Позже, через три дня после Конашей в Витебске мы навестили Ганну Ивановну Игнатенко, ту Аньку, бабусину меньшую дочку. Воспитательница детского сада, приятная, интеллигентная женщина, в войну партизанская связная, она рассказала нам про тот ужас более подробно.

Это были ноги партизанки Полубинской. Уже мертвой отрубили. Окруженная, она отстреливалась, а последним патроном — себя.

— Боже мой, сколько тогда было всего, сколько было!..

Говоря это, бабуля Домна знает, что у других людей, в других семьях было еще хуже, чем с ними, Щемелевыми. Старик ее, привязанный тогда к возу, чтобы не утек, удрал-таки из Смоловского гарнизона. Войну пережил и умер своей смертью, в своей хате. Живы обе дочки, Анька и старшая, Александрина, также в Витебске, при своих детях живут. А с нею младшенький ее, Василь, которого она дважды, когда малым, а когда раненым, выносила на руках. Живет сынок, хорошо живет, и люди добрые уважают, и в хате, что в улье, людно да весело — пять дочек! Трое уже в люди вышли, да лето вот началось святое — теперь все тут к бабке соберутся — и дети, и внуки, и правнуки.

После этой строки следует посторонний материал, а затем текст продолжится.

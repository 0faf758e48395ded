//! A probe of a method.

ghost use Rattle.std.specs.Prelude.{IfOk};
ghost use Rattle.je_probe.specs.Probed.{IsProbe};

use crate::answer::{ProbeAnswer, answers_given};
use crate::heap::{ProbeHeap, heap_given};
use crate::method::method_given;
use crate::outcome::{ProbeEnd, end_shown};
use crate::run::kept_run;
use crate::value::{ProbeValue, values_given};
use je_base::Memory;
use je_consts::Consts;
use je_instr::Program;
use std::alloc::Global;

/// Runs code with these arguments, on this heap, for at most `limit` instructions.
///
/// Its parameters are of the kinds of the arguments. Each call and each float instruction takes the
/// next answer, which leaves the heap as it is; where none is left the run goes no further. Nothing
/// is known of other classes: a class is one of itself and of java/lang/Object alone. No
/// instruction goes by the version, `major`. Code that has an instruction whose operands are not
/// allowed does nothing.
///
/// # Errors
///
/// `Memory` where memory runs out.
pub fn probe(
    alloc: Global,
    p: &Program,
    consts: &Consts,
    major: u16,
    args: &[ProbeValue],
    heap: &ProbeHeap,
    answers: &[ProbeAnswer],
    limit: u32,
) -> Result<ProbeEnd, Memory>
    // It shows what the run of the code's program comes to.
    ensures { IfOk result (IsProbe consts.now p.now args.now heap.now answers.now limit) }
{
    let _ = major;
    let program = method_given(alloc, consts, p, args)?;
    let arguments = values_given(alloc, consts, args)?;
    let start = heap_given(alloc, consts, heap)?;
    let replies = answers_given(alloc, consts, answers)?;
    let bound = u64::from(limit);
    let outcome = kept_run(alloc, &program, arguments.as_slice(), start, replies, bound)?;
    let given = heap.statics.as_slice();
    let end = end_shown(alloc, consts, given, &program, &outcome)?;
    Ok(end)
}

— Девять правнуков у меня, — с гордостью говорит бабуся. — А уже внуков!..

Даже рукой махнула — сколько их.

Пока мы сидели в бабусиной хате, записывая ее рассказ, Василь Иванович не просто стерег своих пчел. Вдвоем с нашим шофером они похозяйничали около одного улья, и, когда нас после, уже из сада, пригласили в сынову хату — на столе был горячий мед в сотах и холодное, из погреба, молоко. Был черный хлеб, дышала паром картошка, был холодник, было масло и творог. В хате, как добрый дух, незаметно появилась, придя с поля, хозяйка, моложавая мать пяти дочек, двое из которых, младшие, что еще при родителях, были в школе.

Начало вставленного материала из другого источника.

//! Values as they are given to a run and shown of it.

ghost use Rattle.std.specs.Prelude.{◌≡◌, ◌↔◌, IfOk, IsTrue, map};
ghost use Rattle.std.specs.List.{AllZip};
ghost use Rattle.je_instr.specs.Content.{content_at};
ghost use Rattle.je_probe.specs.Given.{value_given, kind_given, constant_given};
ghost use Rattle.je_probe.specs.declared.value.ProbeValue.TheVariants as shown;
ghost use Rattle.je_probe.specs.Shown.{Says, IsIndexOf, IsValue};

use je_base::Memory;
use je_consts::{ConstIndex, Consts};
use je_link::content_of;
use je_value::{Content, Kind, KindForm, Value, ValueForm};
use sqlite_items::Items;
use std::alloc::Global;

/// A value (JVMS 2.3 and 2.4).
#[derive(Clone, Copy, Debug, PartialEq, Eq)]
pub enum ProbeValue {
    Int(i32),
    Long(i64),
    /// The bits of a float.
    Flt(u32),
    /// The bits of a double.
    Dbl(u64),
    Null,
    /// The object of this number on the heap.
    Obj(u32),
    /// What the constant of this index says: a class, a string, a method handle or a method type.
    Const(ConstIndex),
}

/// What a constant says, as a value. An index that names nothing counts as null.
fn constant_given(alloc: Global, consts: &Consts, index: ConstIndex) -> Result<Value, Memory>
    ensures { IfOk result (λ v. v ≡ constant_given (content_at consts.now index)) }
{
    match content_of(alloc, consts, index)? {
        Some(content) => Ok(Value::of(ValueForm::Constant(content))),
        None => Ok(Value::of(ValueForm::Null)),
    }
}

/// The value that is given.
pub(crate) fn value_given(
    alloc: Global,
    consts: &Consts,
    given: ProbeValue,
) -> Result<Value, Memory>
    ensures { IfOk result (λ v. v ≡ value_given consts.now given) }
{
    match given {
        ProbeValue::Int(n) => Ok(Value::of(ValueForm::Int(n))),
        ProbeValue::Long(n) => Ok(Value::of(ValueForm::Long(n))),
        ProbeValue::Flt(bits) => Ok(Value::of(ValueForm::Float(bits))),
        ProbeValue::Dbl(bits) => Ok(Value::of(ValueForm::Double(bits))),
        ProbeValue::Null => Ok(Value::of(ValueForm::Null)),
        ProbeValue::Obj(number) => Ok(Value::of(ValueForm::Object(number as usize))),
        ProbeValue::Const(index) => constant_given(alloc, consts, index),
    }
}

/// The values that are given.
pub(crate) fn values_given(
    alloc: Global,
    consts: &Consts,
    given: &[ProbeValue],
) -> Result<Items<Value>, Memory>
    ensures { IfOk result (λ vs. vs ≡ map (value_given consts.now) given.now) }
{
    let mut values = Items::new(alloc);
    for one in given {
        values.push(value_given(alloc, consts, *one)?)?;
    }
    Ok(values)
}

/// The kind of the value that is given.
fn kind_given(given: ProbeValue) -> Kind
    ensures { result ≡ kind_given given }
{
    match given {
        ProbeValue::Int(_) => Kind::of(KindForm::Int),
        ProbeValue::Long(_) => Kind::of(KindForm::Long),
        ProbeValue::Flt(_) => Kind::of(KindForm::Float),
        ProbeValue::Dbl(_) => Kind::of(KindForm::Double),
        ProbeValue::Null | ProbeValue::Obj(_) | ProbeValue::Const(_) => {
            Kind::of(KindForm::Reference)
        }
    }
}

/// The kinds of the values that are given.
pub(crate) fn kinds_given(alloc: Global, given: &[ProbeValue]) -> Result<Items<Kind>, Memory>
    ensures { IfOk result (λ kinds. kinds ≡ map kind_given given.now) }
{
    let mut kinds = Items::new(alloc);
    for one in given {
        kinds.push(kind_given(*one))?;
    }
    Ok(kinds)
}

/// Whether the constant of an index says what was loaded.
fn says(
    alloc: Global,
    consts: &Consts,
    content: &Content,
    index: ConstIndex,
) -> Result<bool, Memory>
    ensures { IfOk result (λ said. IsTrue said
        ↔ Says content.now (content_at consts.now index)) }
{
    match content_of(alloc, consts, index)? {
        Some(said) => Ok(said.is_same_loaded(content)),
        None => Ok(false),
    }
}

/// The first index of a constant that says what was loaded, and 0 where there is none.
fn index_of(alloc: Global, consts: &Consts, content: &Content) -> Result<ConstIndex, Memory>
    ensures { IfOk result (IsIndexOf consts.now content.now) }
{
    for index in 1..u16::MAX {
        if says(alloc, consts, content, index)? {
            return Ok(index);
        }
    }
    Ok(0)
}

/// The object of a number. More than a `u32` counts do not fit in memory.
fn object_shown(number: usize) -> Result<ProbeValue, Memory>
    ensures { IfOk result (λ v. v ≡ shown.Obj number) }
{
    match u32::try_from(number) {
        Ok(number) => Ok(ProbeValue::Obj(number)),
        Err(_) => Err(Memory),
    }
}

/// A value as it is shown.
pub(crate) fn value_shown(
    alloc: Global,
    consts: &Consts,
    value: &Value,
) -> Result<ProbeValue, Memory>
    ensures { IfOk result (IsValue consts.now value.now) }
{
    match value.form() {
        ValueForm::Int(n) => Ok(ProbeValue::Int(*n)),
        ValueForm::Long(n) => Ok(ProbeValue::Long(*n)),
        ValueForm::Float(bits) => Ok(ProbeValue::Flt(*bits)),
        ValueForm::Double(bits) => Ok(ProbeValue::Dbl(*bits)),
        ValueForm::Null => Ok(ProbeValue::Null),
        ValueForm::Object(number) => object_shown(*number),
        ValueForm::Constant(content) => Ok(ProbeValue::Const(index_of(alloc, consts, content)?)),
    }
}

/// Values as they are shown.
pub(crate) fn values_shown(
    alloc: Global,
    consts: &Consts,
    values: &[Value],
) -> Result<Vec<ProbeValue>, Memory>
    ensures { IfOk result (λ v. AllZip (IsValue consts.now) values.now v.items) }
{
    let mut shown = Vec::new(alloc);
    let mut rest = values;
    while let Some((value, tail)) = rest.split_first() {
        shown.push(value_shown(alloc, consts, value)?)?;
        rest = tail;
    }
    Ok(shown)
}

Было и главное, в этой укромной, светлой белорусской хате — такой желанный, так дорого купленный мир, было не просто гостеприимство, а мудрая человеческая искренность, о чем, понятно, не говорилось, что чувствовалось душой.

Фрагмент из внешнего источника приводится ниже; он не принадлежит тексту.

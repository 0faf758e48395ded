use crate::{
    ProbeAnswer, ProbeEnd, ProbeEvent, ProbeHeap, ProbeOutcome, ProbeStatic, ProbeValue, probe,
};
use ProbeAnswer::{Throw, Value};
use ProbeOutcome::{GoesOn, Returned, Threw};
use ProbeValue::{Const, Dbl, Flt, Int, Long, Null, Obj};
use je_base::{Run, Text};
use je_consts::Consts;
use je_instr::{Instr, Program, RawHandler, decode, opcodes as op};
use sqlite_items::Items;
use std::test::*;

/// 2 is the class `A`, 6 its method `f()I`, 10 its field `x` of type int, 14 its method `g(IJI)J`,
/// 16 the class `java/lang/RuntimeException`, 18 the string `s`, 22 the method `h()V`, and 23 a
/// dynamic call `f()I`.
const POOL: &[u8] = b"\x00\x18\
      \x01\x00\x01A\x07\x00\x01\x01\x00\x01f\x01\x00\x03()I\x0c\x00\x03\x00\x04\x0a\x00\x02\x00\x05\
      \x01\x00\x01x\x01\x00\x01I\x0c\x00\x07\x00\x08\x09\x00\x02\x00\x09\
      \x01\x00\x01g\x01\x00\x06(IJI)J\x0c\x00\x0b\x00\x0c\x0a\x00\x02\x00\x0d\
      \x01\x00\x1ajava/lang/RuntimeException\x07\x00\x0f\x01\x00\x01s\x08\x00\x11\
      \x01\x00\x01h\x01\x00\x03()V\x0c\x00\x13\x00\x14\x0a\x00\x02\x00\x15\
      \x12\x00\x00\x00\x05";

/// An event: its opcode, what it names, and its operands.
type Seen<'a> = (u8, Option<&'a [u8]>, &'a [ProbeValue]);

/// A row: code, arguments, answers, and how it comes out within a hundred instructions.
type Row<'a> = (&'a [u8], &'a [ProbeValue], &'a [ProbeAnswer], ProbeOutcome);

fn pool(rt: &HostRuntime) -> Result<Consts, Fail> {
    let bytes = Run::of_vec(rt.alloc(), Vec::from_slice(rt.alloc(), POOL)?)?;
    match Consts::read(rt.alloc(), &bytes, 0) {
        Ok((consts, _)) => Ok(consts),
        Err(_) => Err("no pool".into()),
    }
}

fn text(rt: &HostRuntime, bytes: &[u8]) -> Result<Text, Fail> {
    Ok(Text::from_bytes(rt.alloc(), bytes)?.ok_or("a text")?)
}

/// The heap of these objects and of these values of `A.x`.
fn heap(rt: &HostRuntime, objects: &[&[u8]], values: &[i32]) -> Result<ProbeHeap, Fail> {
    let mut heap = ProbeHeap {
        objects: Vec::new(rt.alloc()),
        statics: Vec::new(rt.alloc()),
    };
    for object in objects {
        heap.objects.push(text(rt, object)?)?;
    }
    for value in values {
        heap.statics.push(ProbeStatic {
            class_name: text(rt, b"A")?,
            field: text(rt, b"x")?,
            descriptor: text(rt, b"I")?,
            value: Int(*value),
        })?;
    }
    Ok(heap)
}

/// What code with this exception table comes to.
fn probed(
    rt: &HostRuntime,
    code: &[u8],
    table: &[RawHandler],
    args: &[ProbeValue],
    heap: &ProbeHeap,
    answers: &[ProbeAnswer],
    limit: u32,
) -> Result<ProbeEnd, Fail> {
    let consts = pool(rt)?;
    let program = match decode(rt.alloc(), code, table, &consts) {
        Ok(decoded) => decoded.program,
        Err(_) => return Err("no code".into()),
    };
    Ok(probe(
        rt.alloc(),
        &program,
        &consts,
        49,
        args,
        heap,
        answers,
        limit,
    )?)
}

/// What code comes to on a heap of one object of this class, within a hundred instructions.
fn over(
    rt: &HostRuntime,
    class: &[u8],
    code: &[u8],
    table: &[RawHandler],
    args: &[ProbeValue],
    answers: &[ProbeAnswer],
) -> Result<ProbeEnd, Fail> {
    probed(
        rt,
        code,
        table,
        args,
        &heap(rt, &[class], &[])?,
        answers,
        100,
    )
}

fn is_event(event: &ProbeEvent, seen: &Seen<'_>) -> bool {
    let is_named = match (&event.content, seen.1) {
        (None, None) => true,
        (Some(text), Some(bytes)) => text.bytes() == bytes,
        _ => false,
    };
    is_named && event.opcode == seen.0 && event.operands.as_slice() == seen.2
}

fn has_events(end: &ProbeEnd, seen: &[Seen<'_>]) -> bool {
    end.events.len() == seen.len() && end.events.iter().zip(seen).all(|(e, s)| is_event(e, s))
}

/// Whether the objects behind the first are of these classes.
fn has_new(end: &ProbeEnd, classes: &[&[u8]]) -> bool {
    let objects = end.heap.objects.as_slice();
    objects.len() == classes.len() + 1
        && objects[1..]
            .iter()
            .zip(classes)
            .all(|(o, c)| o.bytes() == *c)
}

#[test]
fn methods_come_out(rt: HostRuntime) -> Result<(), Fail> {
    let rows: [Row<'_>; 24] = [
        // iconst_0, a tableswitch whose one target and fallback is the last instruction, return
        (
            b"\x03\xaa\0\0\0\0\0\x13\0\0\0\0\0\0\0\0\0\0\0\x13\xb1",
            &[],
            &[],
            Returned(None),
        ),
        // iload_0, lookupswitch -1, 5: 1, 2 or 3
        (LOOKUP, &[Int(-1)], &[], Returned(Some(Int(1)))),
        (LOOKUP, &[Int(5)], &[], Returned(Some(Int(2)))),
        (LOOKUP, &[Int(0)], &[], Returned(Some(Int(3)))),
        // iload_0, tableswitch -1 to 0: 1, 2 or 3
        (TABLE, &[Int(-1)], &[], Returned(Some(Int(1)))),
        (TABLE, &[Int(0)], &[], Returned(Some(Int(2)))),
        (TABLE, &[Int(1)], &[], Returned(Some(Int(3)))),
        (TABLE, &[Int(-2)], &[], Returned(Some(Int(3)))),
        // lload_0, lstore_2, lload_2, dup2, ladd, lreturn
        (
            b"\x1e\x41\x20\x5c\x61\xad",
            &[Long(0x4000_0000_0000_0000)],
            &[],
            Returned(Some(Long(i64::MIN))),
        ),
        // iload_2, lload_0, dup2_x1, pop2, ireturn: an argument behind a long is in slot 2
        (
            b"\x1c\x1e\x5d\x58\xac",
            &[Long(9), Int(4)],
            &[],
            Returned(Some(Int(4))),
        ),
        // dload_0, dload_0, pop2, dreturn
        (b"\x26\x26\x58\xaf", &[Dbl(7)], &[], Returned(Some(Dbl(7)))),
        // iload_0, i2b, ireturn
        (
            b"\x1a\x91\xac",
            &[Int(0x181)],
            &[],
            Returned(Some(Int(-127))),
        ),
        // iconst_3, newarray int, arraylength, ireturn
        (b"\x06\xbc\x0a\xbe\xac", &[], &[], Returned(Some(Int(3)))),
        // iconst_1, newarray byte, astore_0, aload_0, iconst_0, sipush 385, bastore, aload_0,
        // iconst_0, baload, ireturn: an element of a byte array is cut to eight bits
        (
            b"\x04\xbc\x08\x4b\x2a\x03\x11\x01\x81\x54\x2a\x03\x33\xac",
            &[],
            &[],
            Returned(Some(Int(-127))),
        ),
        // aload_0, arraylength, ireturn: an array that is given has no elements
        (b"\x2a\xbe\xac", &[Obj(0)], &[], Returned(Some(Int(0)))),
        // aload_0, getfield A.x, ireturn
        (
            b"\x2a\xb4\x00\x0a\xac",
            &[Obj(0)],
            &[],
            Returned(Some(Int(0))),
        ),
        // ldc the string, areturn; aload_0, areturn
        (b"\x12\x12\xb0", &[], &[], Returned(Some(Const(18)))),
        (b"\x2a\xb0", &[Const(18)], &[], Returned(Some(Const(18)))),
        // aload_0, ldc the string, if_acmpne to iconst_0: equal contents are one reference
        (
            b"\x2a\x12\x12\xa6\x00\x05\x04\xac\x03\xac",
            &[Const(18)],
            &[],
            Returned(Some(Int(1))),
        ),
        // invokestatic A.f, ireturn: a value, another kind, a throw, and no answer
        (
            CALL,
            &[],
            &[Value(Int(i32::MAX))],
            Returned(Some(Int(i32::MAX))),
        ),
        (CALL, &[], &[Value(Null)], Returned(Some(Int(0)))),
        (CALL, &[], &[Throw(Obj(0))], Threw(Obj(0))),
        (CALL, &[], &[Throw(Null)], Threw(Obj(1))),
        (CALL, &[], &[], GoesOn),
    ];
    for (code, args, answers, outcome) in rows {
        let end = over(&rt, b"[I", code, &[], args, answers)?;
        assert_eq!(rt; end.outcome, outcome);
    }
    Ok(())
}

/// `iload_0`, a lookupswitch of -1 and 5, and three ends that return 1, 2 and 3.
const LOOKUP: &[u8] = b"\x1a\xab\0\0\0\0\0\x1f\0\0\0\x02\xff\xff\xff\xff\0\0\0\x1b\
      \0\0\0\x05\0\0\0\x1d\x04\xac\x05\xac\x06\xac";

/// `iload_0`, a tableswitch of -1 to 0, and three ends that return 1, 2 and 3.
const TABLE: &[u8] = b"\x1a\xaa\0\0\0\0\0\x1b\xff\xff\xff\xff\0\0\0\0\
      \0\0\0\x17\0\0\0\x19\x04\xac\x05\xac\x06\xac";

/// `invokestatic A.f()I`, `ireturn`.
const CALL: &[u8] = b"\xb8\x00\x06\xac";

#[test]
fn events_are_seen(rt: HostRuntime) -> Result<(), Fail> {
    // iload_0, lload_1, iload_3, invokestatic A.g, lreturn
    let code = b"\x1a\x1f\x1d\xb8\x00\x0e\xad";
    let args = [Int(1), Long(5), Int(2)];
    let end = over(&rt, b"A", code, &[], &args, &[Value(Long(9))])?;
    assert!(rt; has_events(&end, &[(184, Some(b"A.g(IJI)J"), &args)]));
    assert_eq!(rt; end.outcome, Returned(Some(Long(9))));
    // aload_0, monitorenter, aload_0, invokevirtual A.f, aload_0, monitorexit, ireturn
    let code = b"\x2a\xc2\x2a\xb6\x00\x06\x2a\xc3\xac";
    let end = over(&rt, b"A", code, &[], &[Obj(0)], &[Value(Int(6))])?;
    let target = [Obj(0)];
    let seen: [Seen<'_>; 3] = [
        (194, None, &target),
        (182, Some(b"A.f()I"), &target),
        (195, None, &target),
    ];
    assert!(rt; has_events(&end, &seen));
    assert_eq!(rt; end.outcome, Returned(Some(Int(6))));
    // fload_0, fload_1, fadd, freturn: 1 and 2 are 3, and a throw counts as 0
    let floats = [Flt(0x3f80_0000), Flt(0x4000_0000)];
    for (answer, sum) in [(Value(Flt(0x4040_0000)), 0x4040_0000), (Throw(Obj(0)), 0)] {
        let end = over(&rt, b"A", b"\x22\x23\x62\xae", &[], &floats, &[answer])?;
        assert!(rt; has_events(&end, &[(98, None, &floats)]));
        assert_eq!(rt; end.outcome, Returned(Some(Flt(sum))));
    }
    // invokedynamic f()I, ireturn, without an answer
    let end = over(&rt, b"A", b"\xba\x00\x17\0\0\xac", &[], &[], &[])?;
    assert!(rt; has_events(&end, &[(186, Some(b"f()I"), &[])]));
    assert_eq!(rt; end.outcome, GoesOn);
    Ok(())
}

#[test]
fn exceptions_are_objects(rt: HostRuntime) -> Result<(), Fail> {
    let rows: [(&[u8], ProbeValue, &[u8]); 5] = [
        // aload_0, getfield A.x, ireturn
        (
            b"\x2a\xb4\x00\x0a\xac",
            Null,
            b"java/lang/NullPointerException",
        ),
        // aload_0, iconst_0, iaload, ireturn
        (
            b"\x2a\x03\x2e\xac",
            Obj(0),
            b"java/lang/ArrayIndexOutOfBoundsException",
        ),
        // iconst_m1, newarray int, areturn
        (
            b"\x02\xbc\x0a\xb0",
            Null,
            b"java/lang/NegativeArraySizeException",
        ),
        // iconst_1, iconst_0, idiv, ireturn
        (b"\x04\x03\x6c\xac", Null, b"java/lang/ArithmeticException"),
        // aload_0, checkcast A, areturn
        (
            b"\x2a\xc0\x00\x02\xb0",
            Obj(0),
            b"java/lang/ClassCastException",
        ),
    ];
    for (code, argument, class) in rows {
        let end = over(&rt, b"[I", code, &[], &[argument], &[])?;
        assert_eq!(rt; end.outcome, Threw(Obj(1)));
        assert!(rt; has_new(&end, &[class]));
        assert!(rt; end.events.is_empty());
    }
    Ok(())
}

#[test]
fn handlers_catch(rt: HostRuntime) -> Result<(), Fail> {
    // invokestatic A.h, iconst_0, ireturn, pop, iconst_1, ireturn
    let code = b"\xb8\x00\x16\x03\xac\x57\x04\xac";
    let caught = |catch_const| RawHandler {
        start: 0,
        end: 3,
        target: 5,
        catch_const,
    };
    let rows: [(&[u8], u16, ProbeAnswer, ProbeOutcome); 4] = [
        (
            b"java/lang/RuntimeException",
            16,
            Throw(Obj(0)),
            Returned(Some(Int(1))),
        ),
        (b"A", 16, Throw(Obj(0)), Threw(Obj(0))),
        (b"A", 0, Throw(Obj(0)), Returned(Some(Int(1)))),
        (b"A", 16, Value(Int(7)), Returned(Some(Int(0)))),
    ];
    for (class, catch_const, answer, outcome) in rows {
        let end = over(&rt, class, code, &[caught(catch_const)], &[], &[answer])?;
        assert!(rt; has_events(&end, &[(184, Some(b"A.h()V"), &[])]));
        assert_eq!(rt; end.outcome, outcome);
    }
    Ok(())
}

/// Whether `A.x` is the one static field, with this value.
fn has_static(end: &ProbeEnd, value: i32) -> bool {
    match end.heap.statics.as_slice() {
        [one] => {
            one.class_name.bytes() == b"A".as_slice()
                && one.field.bytes() == b"x".as_slice()
                && one.descriptor.bytes() == b"I".as_slice()
                && one.value == Int(value)
        }
        _ => false,
    }
}

#[test]
fn fields_are_kept(rt: HostRuntime) -> Result<(), Fail> {
    // getstatic A.x, ireturn: the last of the values that are given
    let given = heap(&rt, &[], &[5, 6])?;
    let end = probed(&rt, b"\xb2\x00\x0a\xac", &[], &[], &given, &[], 2)?;
    assert_eq!(rt; end.outcome, Returned(Some(Int(6))));
    assert!(rt; has_static(&end, 6));
    // invokestatic A.f, putstatic A.x, invokestatic A.f, pop, getstatic A.x, ireturn: the second
    // answer leaves what was written before it
    let code = b"\xb8\x00\x06\xb3\x00\x0a\xb8\x00\x06\x57\xb2\x00\x0a\xac";
    let answers = [Value(Int(4)), Value(Int(8))];
    for values in [[].as_slice(), &[1, 2]] {
        let given = heap(&rt, &[], values)?;
        let end = probed(&rt, code, &[], &[], &given, &answers, 6)?;
        assert_eq!(rt; end.outcome, Returned(Some(Int(4))));
        assert!(rt; has_static(&end, 4));
    }
    // new A, astore_0, aload_0, bipush 7, putfield A.x, aload_0, getfield A.x, ireturn
    let code = b"\xbb\x00\x02\x4b\x2a\x10\x07\xb5\x00\x0a\x2a\xb4\x00\x0a\xac";
    let end = over(&rt, b"A", code, &[], &[], &[])?;
    assert_eq!(rt; end.outcome, Returned(Some(Int(7))));
    assert!(rt; has_new(&end, &[b"A"]));
    Ok(())
}

#[test]
fn the_limit_counts_instructions(rt: HostRuntime) -> Result<(), Fail> {
    let empty = heap(&rt, &[], &[])?;
    // iinc 0 by -1, iload_0, ifgt to the first, return: three times three and one
    let code = b"\x84\x00\xff\x1a\x9d\xff\xfc\xb1";
    for (limit, outcome) in [(9, GoesOn), (10, Returned(None)), (11, Returned(None))] {
        let end = probed(&rt, code, &[], &[Int(3)], &empty, &[], limit)?;
        assert_eq!(rt; end.outcome, outcome);
    }
    Ok(())
}

/// So many nops between a beginning and an end.
fn nops_between(rt: &HostRuntime, begin: &[u8], count: usize, end: &[u8]) -> Result<Vec<u8>, Fail> {
    let mut code = Vec::from_slice(rt.alloc(), begin)?;
    for _ in 0..count {
        code.push(0)?;
    }
    code.extend_from_slice(end)?;
    Ok(code)
}

#[test]
fn long_methods_run(rt: HostRuntime) -> Result<(), Fail> {
    let empty = heap(&rt, &[], &[])?;
    // goto over 32,764 nops, return
    let far = nops_between(&rt, b"\xa7\x7f\xff", 32764, b"\xb1")?;
    let end = probed(&rt, &far, &[], &[], &empty, &[], 2)?;
    assert_eq!(rt; end.outcome, Returned(None));
    // iload 255 and wide iload 256, ireturn: the arguments are their own indexes
    let mut args = Vec::new(rt.alloc());
    for number in 0..257 {
        args.push(Int(number))?;
    }
    for (code, slot) in [
        (b"\x15\xff\xac".as_slice(), 255),
        (b"\xc4\x15\x01\x00\xac", 256),
    ] {
        let end = probed(&rt, code, &[], &args, &empty, &[], 2)?;
        assert_eq!(rt; end.outcome, Returned(Some(Int(slot))));
    }
    Ok(())
}

#[test]
fn code_without_a_program_does_nothing(rt: HostRuntime) -> Result<(), Fail> {
    let consts = pool(&rt)?;
    let empty = heap(&rt, &[], &[])?;
    // The second constant is a class, and the tenth is a field, which no ldc loads.
    for (index, outcome) in [(2, Returned(Some(Const(2)))), (10, GoesOn)] {
        let mut program = Program {
            instrs: Items::new(rt.alloc()),
            handlers: Items::new(rt.alloc()),
        };
        program.instrs.push(Instr::Ldc(index))?;
        program.instrs.push(Instr::Simple(op::ARETURN))?;
        let end = probe(rt.alloc(), &program, &consts, 49, &[], &empty, &[], 100)?;
        assert_eq!(rt; end.outcome, outcome);
    }
    Ok(())
}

Бабуля Домна снова была на посту, около пчел. Хозяйка тоже — с работы и снова на работу. Людей покормит и пойдет. И хозяин должен же был куда-то сегодня поспеть, только по делу с нами остался.

Несколько слов еще о нем — его слов, скупых и скромных:

«…В сорок третьем году, летом, поймали нас в поле, собрали снова в деревне. И тут один из полицейских снова выдал партизанские семьи. Нас тогда, Щемелевых, двенадцать человек забрали. Мы с братом, мать с отцом, сестру с тремя детьми и тетку. И еще одна тетка была, тоже с тремя. И завезли нас в Городок, в тюрьму посадили. Кто был помоложе, сестра и тетка, тех отправили в концлагерь, а нас, старых и малых, в полицейский гарнизон. И жили мы гам до зимы сорок третьего года, пока нас не освободила Красная Армия.

А после вернулись и стали жить. Мне было тогда пятнадцать лет, но людей не было — меня поставили бригадиром. И двенадцать женщин было трудоспособных людей. Ни тех коней, ни того ничего больше не было. Так подымали колхоз…»

Коротко, сухо, почти как в той справке, с которой мы начали рассказ о тридцатом.